▶
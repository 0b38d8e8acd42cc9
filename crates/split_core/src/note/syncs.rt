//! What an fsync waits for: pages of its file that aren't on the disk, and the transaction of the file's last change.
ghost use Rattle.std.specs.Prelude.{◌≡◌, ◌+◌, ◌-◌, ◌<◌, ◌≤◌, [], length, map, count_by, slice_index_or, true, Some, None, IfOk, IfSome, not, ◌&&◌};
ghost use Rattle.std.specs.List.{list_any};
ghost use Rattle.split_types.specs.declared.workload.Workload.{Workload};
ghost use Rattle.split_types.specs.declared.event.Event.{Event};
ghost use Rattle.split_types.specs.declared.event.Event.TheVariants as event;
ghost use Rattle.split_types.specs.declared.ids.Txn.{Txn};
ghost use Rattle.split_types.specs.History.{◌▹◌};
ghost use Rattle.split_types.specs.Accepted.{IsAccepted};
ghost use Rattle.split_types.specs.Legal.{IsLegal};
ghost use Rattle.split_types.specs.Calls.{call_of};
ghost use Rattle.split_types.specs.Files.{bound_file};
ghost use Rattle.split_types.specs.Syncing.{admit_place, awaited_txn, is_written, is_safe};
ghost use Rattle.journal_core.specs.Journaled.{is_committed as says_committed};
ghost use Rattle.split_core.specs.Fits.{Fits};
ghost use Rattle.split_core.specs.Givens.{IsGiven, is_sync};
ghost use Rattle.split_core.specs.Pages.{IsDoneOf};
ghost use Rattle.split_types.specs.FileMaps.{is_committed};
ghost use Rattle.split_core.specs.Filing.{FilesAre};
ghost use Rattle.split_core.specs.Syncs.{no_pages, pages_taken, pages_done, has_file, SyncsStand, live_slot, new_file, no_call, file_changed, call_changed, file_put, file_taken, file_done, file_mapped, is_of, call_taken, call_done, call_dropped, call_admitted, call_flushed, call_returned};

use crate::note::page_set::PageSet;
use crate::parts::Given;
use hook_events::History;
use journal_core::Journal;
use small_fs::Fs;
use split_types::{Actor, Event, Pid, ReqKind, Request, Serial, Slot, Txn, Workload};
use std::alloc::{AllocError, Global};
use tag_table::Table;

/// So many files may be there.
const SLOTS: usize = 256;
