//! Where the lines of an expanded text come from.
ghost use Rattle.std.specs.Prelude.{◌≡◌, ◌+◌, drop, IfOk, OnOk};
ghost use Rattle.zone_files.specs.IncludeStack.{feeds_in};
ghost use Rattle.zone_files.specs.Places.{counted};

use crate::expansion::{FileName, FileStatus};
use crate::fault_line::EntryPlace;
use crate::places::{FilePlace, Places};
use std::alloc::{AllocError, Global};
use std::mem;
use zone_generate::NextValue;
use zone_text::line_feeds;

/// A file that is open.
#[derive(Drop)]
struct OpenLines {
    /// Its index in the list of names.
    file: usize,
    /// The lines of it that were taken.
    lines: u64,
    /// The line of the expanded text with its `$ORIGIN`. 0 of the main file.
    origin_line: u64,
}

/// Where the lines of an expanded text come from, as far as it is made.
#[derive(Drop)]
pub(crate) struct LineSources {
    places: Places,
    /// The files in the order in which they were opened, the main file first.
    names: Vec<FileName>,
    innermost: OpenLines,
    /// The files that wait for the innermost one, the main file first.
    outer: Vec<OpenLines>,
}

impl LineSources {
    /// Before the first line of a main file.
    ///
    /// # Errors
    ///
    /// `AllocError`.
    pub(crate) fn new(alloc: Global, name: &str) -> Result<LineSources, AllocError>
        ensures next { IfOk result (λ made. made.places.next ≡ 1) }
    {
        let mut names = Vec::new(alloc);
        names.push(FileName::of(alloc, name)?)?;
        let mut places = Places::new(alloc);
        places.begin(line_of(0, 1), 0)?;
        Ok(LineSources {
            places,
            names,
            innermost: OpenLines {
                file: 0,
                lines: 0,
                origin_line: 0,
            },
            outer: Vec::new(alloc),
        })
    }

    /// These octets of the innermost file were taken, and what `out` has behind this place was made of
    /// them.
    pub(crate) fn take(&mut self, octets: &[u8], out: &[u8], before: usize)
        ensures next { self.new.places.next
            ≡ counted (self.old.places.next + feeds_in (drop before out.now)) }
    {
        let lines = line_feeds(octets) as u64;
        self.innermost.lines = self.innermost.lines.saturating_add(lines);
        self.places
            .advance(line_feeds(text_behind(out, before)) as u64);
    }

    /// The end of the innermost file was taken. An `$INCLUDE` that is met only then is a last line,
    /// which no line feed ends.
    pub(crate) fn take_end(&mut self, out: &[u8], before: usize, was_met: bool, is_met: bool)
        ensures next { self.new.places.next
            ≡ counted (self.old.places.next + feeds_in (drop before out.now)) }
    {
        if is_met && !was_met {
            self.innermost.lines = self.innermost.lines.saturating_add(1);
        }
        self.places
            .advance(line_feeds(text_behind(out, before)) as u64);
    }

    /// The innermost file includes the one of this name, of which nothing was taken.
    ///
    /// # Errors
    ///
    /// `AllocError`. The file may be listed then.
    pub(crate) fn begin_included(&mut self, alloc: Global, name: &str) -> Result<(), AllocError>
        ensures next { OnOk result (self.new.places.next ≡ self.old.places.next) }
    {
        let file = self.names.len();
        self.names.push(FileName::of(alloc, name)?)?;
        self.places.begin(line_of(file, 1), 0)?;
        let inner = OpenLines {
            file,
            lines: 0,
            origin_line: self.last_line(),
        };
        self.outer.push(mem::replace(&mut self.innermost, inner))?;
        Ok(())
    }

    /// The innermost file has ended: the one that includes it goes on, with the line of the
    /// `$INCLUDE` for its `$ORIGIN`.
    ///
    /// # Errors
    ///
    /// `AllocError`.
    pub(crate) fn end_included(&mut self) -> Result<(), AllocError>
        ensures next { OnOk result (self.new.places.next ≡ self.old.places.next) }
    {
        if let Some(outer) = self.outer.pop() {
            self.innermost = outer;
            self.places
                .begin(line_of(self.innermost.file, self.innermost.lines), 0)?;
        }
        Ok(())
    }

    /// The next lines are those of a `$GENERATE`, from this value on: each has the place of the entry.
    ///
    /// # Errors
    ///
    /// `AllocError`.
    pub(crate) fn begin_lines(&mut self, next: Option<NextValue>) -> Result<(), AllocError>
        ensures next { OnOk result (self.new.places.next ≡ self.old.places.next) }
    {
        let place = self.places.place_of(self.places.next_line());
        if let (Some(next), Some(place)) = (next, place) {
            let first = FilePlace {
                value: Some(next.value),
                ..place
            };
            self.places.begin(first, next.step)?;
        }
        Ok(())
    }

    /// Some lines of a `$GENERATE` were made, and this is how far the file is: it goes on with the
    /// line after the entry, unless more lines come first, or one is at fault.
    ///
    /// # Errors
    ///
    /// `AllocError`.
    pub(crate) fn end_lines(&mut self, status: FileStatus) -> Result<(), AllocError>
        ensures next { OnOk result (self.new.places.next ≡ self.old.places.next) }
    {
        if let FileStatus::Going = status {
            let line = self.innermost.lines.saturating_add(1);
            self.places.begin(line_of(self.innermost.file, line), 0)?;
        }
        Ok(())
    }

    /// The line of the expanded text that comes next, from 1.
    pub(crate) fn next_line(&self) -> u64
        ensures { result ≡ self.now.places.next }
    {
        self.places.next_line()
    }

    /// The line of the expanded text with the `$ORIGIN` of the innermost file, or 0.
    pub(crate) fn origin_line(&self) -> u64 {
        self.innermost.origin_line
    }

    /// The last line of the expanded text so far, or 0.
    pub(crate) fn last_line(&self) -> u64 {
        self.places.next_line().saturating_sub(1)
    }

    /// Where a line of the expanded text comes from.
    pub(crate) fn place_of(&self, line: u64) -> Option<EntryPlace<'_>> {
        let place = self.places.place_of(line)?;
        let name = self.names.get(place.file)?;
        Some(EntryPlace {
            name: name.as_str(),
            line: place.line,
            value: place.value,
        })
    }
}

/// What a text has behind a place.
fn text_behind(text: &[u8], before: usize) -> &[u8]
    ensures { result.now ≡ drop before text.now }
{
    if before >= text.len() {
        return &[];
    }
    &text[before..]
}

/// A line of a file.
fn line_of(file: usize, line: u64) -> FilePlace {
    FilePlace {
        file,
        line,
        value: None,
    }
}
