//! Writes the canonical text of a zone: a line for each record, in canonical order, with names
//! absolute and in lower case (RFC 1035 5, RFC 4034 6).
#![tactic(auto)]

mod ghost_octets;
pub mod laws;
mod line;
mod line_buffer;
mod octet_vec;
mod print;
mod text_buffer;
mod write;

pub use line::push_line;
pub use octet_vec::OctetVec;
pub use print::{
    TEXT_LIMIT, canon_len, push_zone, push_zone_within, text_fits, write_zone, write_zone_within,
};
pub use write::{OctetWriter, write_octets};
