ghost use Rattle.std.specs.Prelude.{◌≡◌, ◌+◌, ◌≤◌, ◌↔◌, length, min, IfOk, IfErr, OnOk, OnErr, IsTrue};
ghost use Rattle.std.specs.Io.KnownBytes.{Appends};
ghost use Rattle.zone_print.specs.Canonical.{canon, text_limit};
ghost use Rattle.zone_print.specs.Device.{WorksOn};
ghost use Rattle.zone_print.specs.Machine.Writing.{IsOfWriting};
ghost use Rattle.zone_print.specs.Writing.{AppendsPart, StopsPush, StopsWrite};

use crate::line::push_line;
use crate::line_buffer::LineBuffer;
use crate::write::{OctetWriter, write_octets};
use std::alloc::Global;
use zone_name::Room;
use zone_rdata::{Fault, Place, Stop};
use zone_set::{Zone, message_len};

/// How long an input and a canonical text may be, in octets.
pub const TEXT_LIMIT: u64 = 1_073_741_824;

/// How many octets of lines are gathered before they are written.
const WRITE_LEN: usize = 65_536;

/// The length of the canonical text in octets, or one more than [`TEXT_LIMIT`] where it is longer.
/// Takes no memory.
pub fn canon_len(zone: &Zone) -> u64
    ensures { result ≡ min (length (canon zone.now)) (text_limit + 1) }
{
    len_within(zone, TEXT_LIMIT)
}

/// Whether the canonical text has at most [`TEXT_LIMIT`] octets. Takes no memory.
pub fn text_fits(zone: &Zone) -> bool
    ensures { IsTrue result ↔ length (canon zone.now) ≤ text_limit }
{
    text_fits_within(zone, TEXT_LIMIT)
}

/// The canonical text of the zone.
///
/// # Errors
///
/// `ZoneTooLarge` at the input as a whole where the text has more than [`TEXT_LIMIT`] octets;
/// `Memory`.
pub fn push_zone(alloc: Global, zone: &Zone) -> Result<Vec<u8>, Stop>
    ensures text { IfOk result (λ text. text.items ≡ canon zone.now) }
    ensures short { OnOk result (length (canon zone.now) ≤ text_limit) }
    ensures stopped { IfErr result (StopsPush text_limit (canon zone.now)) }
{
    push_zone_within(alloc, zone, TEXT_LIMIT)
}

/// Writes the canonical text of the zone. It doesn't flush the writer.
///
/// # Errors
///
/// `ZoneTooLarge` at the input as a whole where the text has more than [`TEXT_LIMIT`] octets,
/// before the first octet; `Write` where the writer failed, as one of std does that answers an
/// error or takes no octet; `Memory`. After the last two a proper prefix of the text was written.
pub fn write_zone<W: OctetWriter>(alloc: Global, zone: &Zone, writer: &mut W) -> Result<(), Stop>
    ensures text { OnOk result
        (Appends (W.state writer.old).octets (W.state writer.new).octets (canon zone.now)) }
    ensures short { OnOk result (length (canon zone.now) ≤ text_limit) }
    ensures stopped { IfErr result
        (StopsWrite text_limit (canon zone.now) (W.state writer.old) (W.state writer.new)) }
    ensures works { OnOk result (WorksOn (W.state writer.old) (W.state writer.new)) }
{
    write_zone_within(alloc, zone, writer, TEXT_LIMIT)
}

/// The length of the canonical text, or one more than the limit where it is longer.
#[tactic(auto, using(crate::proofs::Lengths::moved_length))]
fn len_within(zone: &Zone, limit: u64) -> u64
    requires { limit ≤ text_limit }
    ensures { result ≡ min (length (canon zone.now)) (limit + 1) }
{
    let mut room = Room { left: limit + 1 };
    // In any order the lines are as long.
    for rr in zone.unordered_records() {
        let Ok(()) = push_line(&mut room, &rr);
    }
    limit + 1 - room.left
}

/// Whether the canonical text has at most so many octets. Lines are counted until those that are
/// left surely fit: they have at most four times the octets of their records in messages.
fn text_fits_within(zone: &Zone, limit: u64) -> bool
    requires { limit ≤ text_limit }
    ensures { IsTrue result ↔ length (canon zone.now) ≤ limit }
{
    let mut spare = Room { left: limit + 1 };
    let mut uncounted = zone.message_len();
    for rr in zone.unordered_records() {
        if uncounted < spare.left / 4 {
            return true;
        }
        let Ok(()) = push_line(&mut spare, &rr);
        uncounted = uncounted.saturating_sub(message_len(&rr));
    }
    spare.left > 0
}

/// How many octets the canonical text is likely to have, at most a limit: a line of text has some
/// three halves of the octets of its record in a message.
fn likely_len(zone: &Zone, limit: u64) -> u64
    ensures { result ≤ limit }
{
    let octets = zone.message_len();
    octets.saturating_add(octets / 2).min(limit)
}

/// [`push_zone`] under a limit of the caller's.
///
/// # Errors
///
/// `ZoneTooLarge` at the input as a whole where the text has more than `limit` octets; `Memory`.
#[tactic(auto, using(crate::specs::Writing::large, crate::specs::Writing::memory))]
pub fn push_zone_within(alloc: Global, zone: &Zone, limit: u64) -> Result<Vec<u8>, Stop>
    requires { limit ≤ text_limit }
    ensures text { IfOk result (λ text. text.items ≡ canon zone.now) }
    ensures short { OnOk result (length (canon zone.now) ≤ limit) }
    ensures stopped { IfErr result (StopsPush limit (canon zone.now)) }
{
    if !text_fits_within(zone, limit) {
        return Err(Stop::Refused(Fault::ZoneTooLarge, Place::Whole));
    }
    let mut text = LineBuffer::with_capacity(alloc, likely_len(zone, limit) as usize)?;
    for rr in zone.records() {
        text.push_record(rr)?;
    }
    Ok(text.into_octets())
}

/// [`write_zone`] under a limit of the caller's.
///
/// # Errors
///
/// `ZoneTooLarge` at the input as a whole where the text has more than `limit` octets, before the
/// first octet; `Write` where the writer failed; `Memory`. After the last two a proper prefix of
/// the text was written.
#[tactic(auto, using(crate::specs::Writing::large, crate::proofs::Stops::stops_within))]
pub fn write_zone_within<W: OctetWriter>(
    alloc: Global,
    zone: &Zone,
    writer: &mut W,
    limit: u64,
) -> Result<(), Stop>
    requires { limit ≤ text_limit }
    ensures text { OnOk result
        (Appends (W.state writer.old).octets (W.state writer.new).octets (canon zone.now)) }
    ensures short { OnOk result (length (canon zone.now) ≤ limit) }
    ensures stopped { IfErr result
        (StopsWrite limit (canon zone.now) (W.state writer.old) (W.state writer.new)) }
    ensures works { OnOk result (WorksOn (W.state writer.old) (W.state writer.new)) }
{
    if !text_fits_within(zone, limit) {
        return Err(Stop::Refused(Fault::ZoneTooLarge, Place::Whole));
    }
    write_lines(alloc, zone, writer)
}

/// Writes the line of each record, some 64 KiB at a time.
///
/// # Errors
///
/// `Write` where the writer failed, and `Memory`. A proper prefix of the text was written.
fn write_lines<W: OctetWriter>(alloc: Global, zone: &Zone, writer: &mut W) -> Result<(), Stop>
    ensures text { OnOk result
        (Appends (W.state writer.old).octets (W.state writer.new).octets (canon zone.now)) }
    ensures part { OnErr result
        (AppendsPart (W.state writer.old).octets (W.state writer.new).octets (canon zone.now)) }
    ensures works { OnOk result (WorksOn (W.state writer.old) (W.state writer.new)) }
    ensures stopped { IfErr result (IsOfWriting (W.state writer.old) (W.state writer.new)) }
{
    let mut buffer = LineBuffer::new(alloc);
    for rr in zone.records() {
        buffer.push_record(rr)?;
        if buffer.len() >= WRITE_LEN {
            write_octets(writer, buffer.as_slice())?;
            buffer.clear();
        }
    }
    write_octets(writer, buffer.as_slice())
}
◀
**ASSIGNMENT**
I need each line of the entries that holds the string "than" located and copied.

**TASK RESPONSE**
/// The length of the canonical text in octets, or one more than [`TEXT_LIMIT`] where it is longer.
/// `ZoneTooLarge` at the input as a whole where the text has more than [`TEXT_LIMIT`] octets;
/// `ZoneTooLarge` at the input as a whole where the text has more than [`TEXT_LIMIT`] octets,
/// The length of the canonical text, or one more than the limit where it is longer.
/// `ZoneTooLarge` at the input as a whole where the text has more than `limit` octets; `Memory`.
/// `ZoneTooLarge` at the input as a whole where the text has more than `limit` octets, before the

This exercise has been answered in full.